_Task goal_
The required result is one figure, the count of lines below with the string "bool" in them.

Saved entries
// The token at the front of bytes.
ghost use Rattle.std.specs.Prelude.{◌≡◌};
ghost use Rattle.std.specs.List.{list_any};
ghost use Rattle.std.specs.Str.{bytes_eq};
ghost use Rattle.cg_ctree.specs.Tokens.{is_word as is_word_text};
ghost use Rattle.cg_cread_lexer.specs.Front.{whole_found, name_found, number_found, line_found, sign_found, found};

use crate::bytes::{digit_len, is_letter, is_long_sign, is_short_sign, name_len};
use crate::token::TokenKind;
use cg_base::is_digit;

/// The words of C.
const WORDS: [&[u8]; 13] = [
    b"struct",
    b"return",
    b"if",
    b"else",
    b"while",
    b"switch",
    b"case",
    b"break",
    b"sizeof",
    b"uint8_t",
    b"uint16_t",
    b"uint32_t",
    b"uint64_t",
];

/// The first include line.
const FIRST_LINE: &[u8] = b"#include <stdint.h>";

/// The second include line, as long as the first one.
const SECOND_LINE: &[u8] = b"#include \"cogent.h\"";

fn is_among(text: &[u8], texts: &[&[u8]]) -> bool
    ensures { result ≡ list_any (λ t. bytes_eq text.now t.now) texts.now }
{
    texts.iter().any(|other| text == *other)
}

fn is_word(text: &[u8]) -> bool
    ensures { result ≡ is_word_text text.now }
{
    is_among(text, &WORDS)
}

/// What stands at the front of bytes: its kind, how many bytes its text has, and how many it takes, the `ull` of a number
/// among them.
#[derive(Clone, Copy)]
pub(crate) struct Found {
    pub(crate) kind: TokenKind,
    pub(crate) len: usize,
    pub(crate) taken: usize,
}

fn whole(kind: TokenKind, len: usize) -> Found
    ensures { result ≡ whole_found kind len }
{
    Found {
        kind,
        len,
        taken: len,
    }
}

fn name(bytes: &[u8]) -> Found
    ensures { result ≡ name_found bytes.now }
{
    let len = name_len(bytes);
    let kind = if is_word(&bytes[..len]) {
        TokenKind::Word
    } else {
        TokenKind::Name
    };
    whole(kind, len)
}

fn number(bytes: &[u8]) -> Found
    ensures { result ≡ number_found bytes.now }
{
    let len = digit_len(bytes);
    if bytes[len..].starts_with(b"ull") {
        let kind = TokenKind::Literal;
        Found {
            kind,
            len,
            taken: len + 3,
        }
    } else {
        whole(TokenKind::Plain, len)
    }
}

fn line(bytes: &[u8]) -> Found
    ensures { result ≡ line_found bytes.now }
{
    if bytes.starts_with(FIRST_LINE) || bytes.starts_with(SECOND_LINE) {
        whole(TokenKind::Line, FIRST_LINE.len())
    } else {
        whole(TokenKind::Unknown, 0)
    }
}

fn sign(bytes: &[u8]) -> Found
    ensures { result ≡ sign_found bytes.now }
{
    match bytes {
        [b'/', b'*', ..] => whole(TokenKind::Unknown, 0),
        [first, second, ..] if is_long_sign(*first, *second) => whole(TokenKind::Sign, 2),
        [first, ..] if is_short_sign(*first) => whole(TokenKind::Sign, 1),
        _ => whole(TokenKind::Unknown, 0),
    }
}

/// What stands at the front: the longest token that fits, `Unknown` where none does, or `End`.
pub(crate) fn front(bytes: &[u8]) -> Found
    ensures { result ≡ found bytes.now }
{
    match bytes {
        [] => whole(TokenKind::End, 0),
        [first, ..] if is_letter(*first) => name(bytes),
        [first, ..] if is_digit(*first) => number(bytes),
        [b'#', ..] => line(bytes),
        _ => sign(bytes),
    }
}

--

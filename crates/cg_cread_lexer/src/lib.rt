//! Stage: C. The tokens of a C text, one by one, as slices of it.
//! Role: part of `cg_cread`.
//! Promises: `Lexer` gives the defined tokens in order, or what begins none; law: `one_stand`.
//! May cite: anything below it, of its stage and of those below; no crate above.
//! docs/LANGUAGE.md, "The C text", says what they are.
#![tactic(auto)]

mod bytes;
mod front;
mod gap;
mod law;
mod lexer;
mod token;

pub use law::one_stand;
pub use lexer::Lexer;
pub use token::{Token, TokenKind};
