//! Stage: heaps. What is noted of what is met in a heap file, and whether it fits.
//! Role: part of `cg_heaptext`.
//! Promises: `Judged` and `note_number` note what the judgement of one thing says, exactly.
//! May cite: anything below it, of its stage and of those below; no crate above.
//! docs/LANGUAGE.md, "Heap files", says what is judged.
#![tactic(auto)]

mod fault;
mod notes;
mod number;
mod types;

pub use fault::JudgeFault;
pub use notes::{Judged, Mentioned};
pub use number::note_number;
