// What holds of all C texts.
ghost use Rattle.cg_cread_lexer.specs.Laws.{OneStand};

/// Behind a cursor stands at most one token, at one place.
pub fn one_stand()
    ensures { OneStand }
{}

--

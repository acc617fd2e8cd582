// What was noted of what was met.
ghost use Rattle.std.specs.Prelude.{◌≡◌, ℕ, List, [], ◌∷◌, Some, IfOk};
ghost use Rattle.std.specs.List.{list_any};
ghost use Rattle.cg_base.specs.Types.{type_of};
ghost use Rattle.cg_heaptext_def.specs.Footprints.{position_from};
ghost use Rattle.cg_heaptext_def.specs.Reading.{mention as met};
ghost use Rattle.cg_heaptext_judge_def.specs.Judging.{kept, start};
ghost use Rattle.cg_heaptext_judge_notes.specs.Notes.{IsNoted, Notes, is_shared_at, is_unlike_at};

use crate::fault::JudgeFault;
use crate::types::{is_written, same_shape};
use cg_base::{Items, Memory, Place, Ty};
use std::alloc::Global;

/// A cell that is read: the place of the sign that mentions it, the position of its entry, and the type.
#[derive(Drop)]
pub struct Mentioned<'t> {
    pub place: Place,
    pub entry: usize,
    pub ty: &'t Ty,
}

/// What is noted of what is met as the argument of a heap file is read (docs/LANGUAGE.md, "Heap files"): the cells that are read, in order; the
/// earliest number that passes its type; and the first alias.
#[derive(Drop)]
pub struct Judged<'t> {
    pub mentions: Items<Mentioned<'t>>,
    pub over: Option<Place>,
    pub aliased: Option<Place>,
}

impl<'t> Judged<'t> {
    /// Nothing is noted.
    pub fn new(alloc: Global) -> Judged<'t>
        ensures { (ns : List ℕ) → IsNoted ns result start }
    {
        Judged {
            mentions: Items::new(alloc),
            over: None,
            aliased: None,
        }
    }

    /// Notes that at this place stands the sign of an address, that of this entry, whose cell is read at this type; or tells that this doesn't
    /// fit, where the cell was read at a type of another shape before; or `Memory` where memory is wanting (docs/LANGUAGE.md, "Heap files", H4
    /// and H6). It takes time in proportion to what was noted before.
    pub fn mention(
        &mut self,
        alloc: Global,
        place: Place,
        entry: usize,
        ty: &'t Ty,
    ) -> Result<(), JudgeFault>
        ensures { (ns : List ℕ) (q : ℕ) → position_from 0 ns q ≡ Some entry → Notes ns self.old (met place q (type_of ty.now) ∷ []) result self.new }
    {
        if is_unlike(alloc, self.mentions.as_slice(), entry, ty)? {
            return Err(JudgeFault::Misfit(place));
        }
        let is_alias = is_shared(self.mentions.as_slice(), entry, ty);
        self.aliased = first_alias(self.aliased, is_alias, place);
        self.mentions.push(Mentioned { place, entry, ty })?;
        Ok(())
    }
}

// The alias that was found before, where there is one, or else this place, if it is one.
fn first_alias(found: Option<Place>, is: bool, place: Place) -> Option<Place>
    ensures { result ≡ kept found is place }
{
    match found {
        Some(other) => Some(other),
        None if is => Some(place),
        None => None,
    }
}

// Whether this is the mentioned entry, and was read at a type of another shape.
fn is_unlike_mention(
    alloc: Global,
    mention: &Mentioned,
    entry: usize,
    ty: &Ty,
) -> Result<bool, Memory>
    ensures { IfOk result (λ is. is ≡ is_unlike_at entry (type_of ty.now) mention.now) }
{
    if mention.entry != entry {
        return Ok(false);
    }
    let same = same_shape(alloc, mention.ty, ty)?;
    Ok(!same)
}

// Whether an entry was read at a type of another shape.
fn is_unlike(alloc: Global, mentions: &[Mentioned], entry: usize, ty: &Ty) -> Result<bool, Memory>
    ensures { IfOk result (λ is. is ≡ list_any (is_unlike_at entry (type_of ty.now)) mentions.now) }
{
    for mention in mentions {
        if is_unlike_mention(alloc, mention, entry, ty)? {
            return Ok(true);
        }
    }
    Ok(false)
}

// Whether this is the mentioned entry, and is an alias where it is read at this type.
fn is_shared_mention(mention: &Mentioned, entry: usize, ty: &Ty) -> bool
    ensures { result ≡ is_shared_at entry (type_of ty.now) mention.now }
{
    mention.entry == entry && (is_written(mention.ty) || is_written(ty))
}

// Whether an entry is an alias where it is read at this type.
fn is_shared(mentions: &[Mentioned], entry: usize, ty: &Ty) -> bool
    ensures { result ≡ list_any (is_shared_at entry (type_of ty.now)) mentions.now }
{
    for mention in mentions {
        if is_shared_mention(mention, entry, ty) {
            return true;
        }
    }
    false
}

_Solved exercise_
7